What the task asks
Return all the entries. Match them word for word.

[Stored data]
┌──
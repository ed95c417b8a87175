//! Two runs compared: what is kept of a run whose events happen, and what two runs have in common, as far as
//! misbehaving hosts may see them.
//!
//! Start at `specs/Compare.antt`: what is due for two scripts is a chain of premises, and then one line by the messages
//! that misbehaving hosts were sent.
//!
//! **Promises.** What is kept of a run, and what two runs have in common as far as misbehaving hosts may see them.
//!
//! **Begin** with `specs/Compare.antt` and `specs/Followed.antt`; `compared` is the call.
//!
//! **Stays.** Which runs may be compared: the second half of the headline speaks of exactly these.
//!
//! They stand apart from the commands so that a change of words, of a stage or of a comparison does not cost the proof
//! of all commands.
//!
//! - `following`: a run of which is kept what misbehaving hosts may see
//! - `comparing`: what two such runs have in common
//! - `message_parts`: whether messages and events are the same, part by part
//! - `release_lines`: the values that two runs released, as lines
//! - `releasing`: the statements that release something
#![tactic(auto)]

mod comparing;
mod following;
mod message_parts;
mod release_lines;
mod releasing;

pub use comparing::{compared, is_prompt, same_events, same_misbehave, same_starts, unlike_field};
pub use following::{Followed, Seen, follow};
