//! Runs that are followed to be compared.

ghost use Rattle.std.specs.Prelude.{◌≡◌, ◌∷◌, ◌++◌, [], if◌then◌else◌, map, All, IfErr, IfOk, List, OnOk, ℤ};
ghost use Rattle.net_world.specs.Fits.{WorldFits, HasOwnToken, world_of};
ghost use Rattle.net_world.specs.Steps.{HaveMade};
ghost use Rattle.net_world.specs.Released.{AreReleased, Releases};
ghost use Rattle.net_world.specs.World.{WorldShape};
ghost use Rattle.run_comparison.specs.Followed.{IsFollowed, EventsFollowed};
ghost use Rattle.run_comparison.specs.FollowedRuns.{IsEventAdded, first_late, run_of, run_with};
ghost use Rattle.front_end.specs.Loading.{EndsAs};
ghost use Rattle.net_world.specs.Replay.{IsReplayError, events_in};

use event_text::Event;
use front_end::Stop;
use host_code::Code;
use js_base::OutOfMemory;
use net_world::laws::fits_laws;
use net_world::{ReplayError, World, refused};
use script_stages::events_refused;
use split_rules::ReleaseTable;
use std::alloc::Global;

/// What is kept of the events of a run: those that misbehaving hosts may see, with their lines, and the line of the
/// first of these at whose moment the world was not quiet.
#[derive(Drop)]
pub struct Seen<'a> {
    pub events: Vec<&'a (u32, Event)>,
    pub late: Option<u32>,
}

/// A run of a script: what is kept of its events, the values that they released, and the world that they left.
#[derive(Drop)]
pub struct Followed<'a> {
    pub seen: Seen<'a>,
    pub released: Vec<i64>,
    pub world: World,
}

/// Makes the events of a script of this name happen in a world that has just started, and keeps what is to be compared.
/// The table is that of the code.
///
/// # Errors
/// `Due` where an event is refused.
pub fn follow<'a>(
    alloc: Global,
    name: &str,
    code: &Code,
    table: &ReleaseTable,
    from: World,
    events: &'a [(u32, Event)],
) -> Result<Followed<'a>, Stop>
    requires fits { WorldFits code.now from }
    requires fresh { HaveMade 0 from.hosts }
    requires own { All (λ one. HasOwnToken (world_of from) one.1) events.now }
    ensures follow { EndsAs run_of (EventsFollowed name.now code.now table.now (world_of from) events.now) result }
{
    let mut world = from;
    let mut released = Vec::new(alloc);
    match seen_events(alloc, code, table, &mut world, &mut released, events) {
        Ok(seen) => Ok(Followed {
            seen,
            released,
            world,
        }),
        Err(error) => Err(events_refused(alloc, name, error)),
    }
}

impl<'a> Seen<'a> {
    /// Keeps an event with its line, where misbehaving hosts may see it.
    fn keep(
        &mut self,
        code: &Code,
        world: &World,
        said: &'a (u32, Event),
    ) -> Result<(), OutOfMemory>
        requires { WorldFits code.now world.now }
        ensures { OnOk result ((last : WorldShape) → IsEventAdded code.now (world_of world.now) said.now
            (run_with self.old last) (run_with self.new last)) }
    {
        if world.secret(code, &said.1) {
            return Ok(());
        }
        let quiet = world.quiet(code);
        self.push(quiet, said)
    }

    /// Keeps an event with its line, which may be late.
    fn push(&mut self, quiet: bool, said: &'a (u32, Event)) -> Result<(), OutOfMemory>
        ensures events { OnOk result (map (λ one. one.now) self.new.events.items
            ≡ map (λ one. one.now) self.old.events.items ++ said.now ∷ []) }
        ensures late { OnOk result (self.new.late
            ≡ (if quiet then self.old.late else first_late self.old.late said.now.0)) }
    {
        self.events.push(said)?;
        if !quiet {
            self.late = Some(self.late.unwrap_or(said.0));
        }
        Ok(())
    }
}

/// Adds the values that an event would release in a world.
fn add_released(
    alloc: Global,
    code: &Code,
    table: &ReleaseTable,
    world: &World,
    event: &Event,
    released: &mut Vec<i64>,
) -> Result<(), OutOfMemory>
    requires { WorldFits code.now world.now }
    ensures { OnOk result ((own : List ℤ) × Releases code.now table.now (world_of world.now) event.now own
        × (released.new.items ≡ released.old.items ++ own)) }
{
    let own = world.releases(alloc, code, table, event)?;
    released.extend_from_slice(&own)?;
    Ok(())
}

/// Makes events happen, each of which stands on a line, up to the first that is refused. The list takes what each of
/// them releases.
fn seen_events<'a>(
    alloc: Global,
    code: &Code,
    table: &ReleaseTable,
    world: &mut World,
    released: &mut Vec<i64>,
    events: &'a [(u32, Event)],
) -> Result<Seen<'a>, ReplayError>
    requires fits { WorldFits code.now world.old }
    requires fresh { HaveMade 0 world.old.hosts }
    requires own { All (λ one. HasOwnToken (world_of world.old) one.1) events.now }
    requires none { released.old.items ≡ [] }
    ensures followed { IfOk result (λ seen.
        IsFollowed code.now (world_of world.old) events.now (run_with seen (world_of world.new))) }
    ensures released { OnOk result
        (AreReleased code.now table.now (world_of world.old) (events_in events.now) released.new.items) }
    ensures refused { IfErr result (IsReplayError code.now (world_of world.old) events.now) }
    ensures fits { WorldFits code.now world.new }
{
    fits_laws();
    let mut seen = Seen {
        events: Vec::new(alloc),
        late: None,
    };
    for said in events {
        seen.keep(code, world, said)?;
        let (line, event) = said;
        add_released(alloc, code, table, world, event, released)?;
        if let Err(error) = world.apply(code, event) {
            return Err(refused(*line, event, error));
        }
    }
    Ok(seen)
}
└──
Output below
repository ed95c417b8a87175
//! Two runs compared: what is kept of a run whose events happen, and what two runs have in common, as far as
//! misbehaving hosts may see them.
//!
//! Start at `specs/Compare.antt`: what is due for two scripts is a chain of premises, and then one line by the messages
//! that misbehaving hosts were sent.
//!
//! **Promises.** What is kept of a run, and what two runs have in common as far as misbehaving hosts may see them.
//!
//! **Begin** with `specs/Compare.antt` and `specs/Followed.antt`; `compared` is the call.
//!
//! **Stays.** Which runs may be compared: the second half of the headline speaks of exactly these.
//!
//! They stand apart from the commands so that a change of words, of a stage or of a comparison does not cost the proof
//! of all commands.
//!
//! - `following`: a run of which is kept what misbehaving hosts may see
//! - `comparing`: what two such runs have in common
//! - `message_parts`: whether messages and events are the same, part by part
//! - `release_lines`: the values that two runs released, as lines
//! - `releasing`: the statements that release something
#![tactic(auto)]

mod comparing;
mod following;
mod message_parts;
mod release_lines;
mod releasing;

pub use comparing::{compared, is_prompt, same_events, same_misbehave, same_starts, unlike_field};
pub use following::{Followed, Seen, follow};
//! Runs that are followed to be compared.

ghost use Rattle.std.specs.Prelude.{◌≡◌, ◌∷◌, ◌++◌, [], if◌then◌else◌, map, All, IfErr, IfOk, List, OnOk, ℤ};
ghost use Rattle.net_world.specs.Fits.{WorldFits, HasOwnToken, world_of};
ghost use Rattle.net_world.specs.Steps.{HaveMade};
ghost use Rattle.net_world.specs.Released.{AreReleased, Releases};
ghost use Rattle.net_world.specs.World.{WorldShape};
ghost use Rattle.run_comparison.specs.Followed.{IsFollowed, EventsFollowed};
ghost use Rattle.run_comparison.specs.FollowedRuns.{IsEventAdded, first_late, run_of, run_with};
ghost use Rattle.front_end.specs.Loading.{EndsAs};
ghost use Rattle.net_world.specs.Replay.{IsReplayError, events_in};

use event_text::Event;
use front_end::Stop;
use host_code::Code;
use js_base::OutOfMemory;
use net_world::laws::fits_laws;
use net_world::{ReplayError, World, refused};
use script_stages::events_refused;
use split_rules::ReleaseTable;
use std::alloc::Global;

/// What is kept of the events of a run: those that misbehaving hosts may see, with their lines, and the line of the
/// first of these at whose moment the world was not quiet.
#[derive(Drop)]
pub struct Seen<'a> {
    pub events: Vec<&'a (u32, Event)>,
    pub late: Option<u32>,
}

/// A run of a script: what is kept of its events, the values that they released, and the world that they left.
#[derive(Drop)]
pub struct Followed<'a> {
    pub seen: Seen<'a>,
    pub released: Vec<i64>,
    pub world: World,
}

/// Makes the events of a script of this name happen in a world that has just started, and keeps what is to be compared.
/// The table is that of the code.
///
/// # Errors
/// `Due` where an event is refused.
pub fn follow<'a>(
    alloc: Global,
    name: &str,
    code: &Code,
    table: &ReleaseTable,
    from: World,
    events: &'a [(u32, Event)],
) -> Result<Followed<'a>, Stop>
    requires fits { WorldFits code.now from }
    requires fresh { HaveMade 0 from.hosts }
    requires own { All (λ one. HasOwnToken (world_of from) one.1) events.now }
    ensures follow { EndsAs run_of (EventsFollowed name.now code.now table.now (world_of from) events.now) result }
{
    let mut world = from;
    let mut released = Vec::new(alloc);
    match seen_events(alloc, code, table, &mut world, &mut released, events) {
        Ok(seen) => Ok(Followed {
            seen,
            released,
            world,
        }),
        Err(error) => Err(events_refused(alloc, name, error)),
    }
}

impl<'a> Seen<'a> {
    /// Keeps an event with its line, where misbehaving hosts may see it.
    fn keep(
        &mut self,
        code: &Code,
        world: &World,
        said: &'a (u32, Event),
    ) -> Result<(), OutOfMemory>
        requires { WorldFits code.now world.now }
        ensures { OnOk result ((last : WorldShape) → IsEventAdded code.now (world_of world.now) said.now
            (run_with self.old last) (run_with self.new last)) }
    {
        if world.secret(code, &said.1) {
            return Ok(());
        }
        let quiet = world.quiet(code);
        self.push(quiet, said)
    }

    /// Keeps an event with its line, which may be late.
    fn push(&mut self, quiet: bool, said: &'a (u32, Event)) -> Result<(), OutOfMemory>
        ensures events { OnOk result (map (λ one. one.now) self.new.events.items
            ≡ map (λ one. one.now) self.old.events.items ++ said.now ∷ []) }
        ensures late { OnOk result (self.new.late
            ≡ (if quiet then self.old.late else first_late self.old.late said.now.0)) }
    {
        self.events.push(said)?;
        if !quiet {
            self.late = Some(self.late.unwrap_or(said.0));
        }
        Ok(())
    }
}

/// Adds the values that an event would release in a world.
fn add_released(
    alloc: Global,
    code: &Code,
    table: &ReleaseTable,
    world: &World,
    event: &Event,
    released: &mut Vec<i64>,
) -> Result<(), OutOfMemory>
    requires { WorldFits code.now world.now }
    ensures { OnOk result ((own : List ℤ) × Releases code.now table.now (world_of world.now) event.now own
        × (released.new.items ≡ released.old.items ++ own)) }
{
    let own = world.releases(alloc, code, table, event)?;
    released.extend_from_slice(&own)?;
    Ok(())
}

/// Makes events happen, each of which stands on a line, up to the first that is refused. The list takes what each of
/// them releases.
fn seen_events<'a>(
    alloc: Global,
    code: &Code,
    table: &ReleaseTable,
    world: &mut World,
    released: &mut Vec<i64>,
    events: &'a [(u32, Event)],
) -> Result<Seen<'a>, ReplayError>
    requires fits { WorldFits code.now world.old }
    requires fresh { HaveMade 0 world.old.hosts }
    requires own { All (λ one. HasOwnToken (world_of world.old) one.1) events.now }
    requires none { released.old.items ≡ [] }
    ensures followed { IfOk result (λ seen.
        IsFollowed code.now (world_of world.old) events.now (run_with seen (world_of world.new))) }
    ensures released { OnOk result
        (AreReleased code.now table.now (world_of world.old) (events_in events.now) released.new.items) }
    ensures refused { IfErr result (IsReplayError code.now (world_of world.old) events.now) }
    ensures fits { WorldFits code.now world.new }
{
    fits_laws();
    let mut seen = Seen {
        events: Vec::new(alloc),
        late: None,
    };
    for said in events {
        seen.keep(code, world, said)?;
        let (line, event) = said;
        add_released(alloc, code, table, world, event, released)?;
        if let Err(error) = world.apply(code, event) {
            return Err(refused(*line, event, error));
        }
    }
    Ok(seen)
}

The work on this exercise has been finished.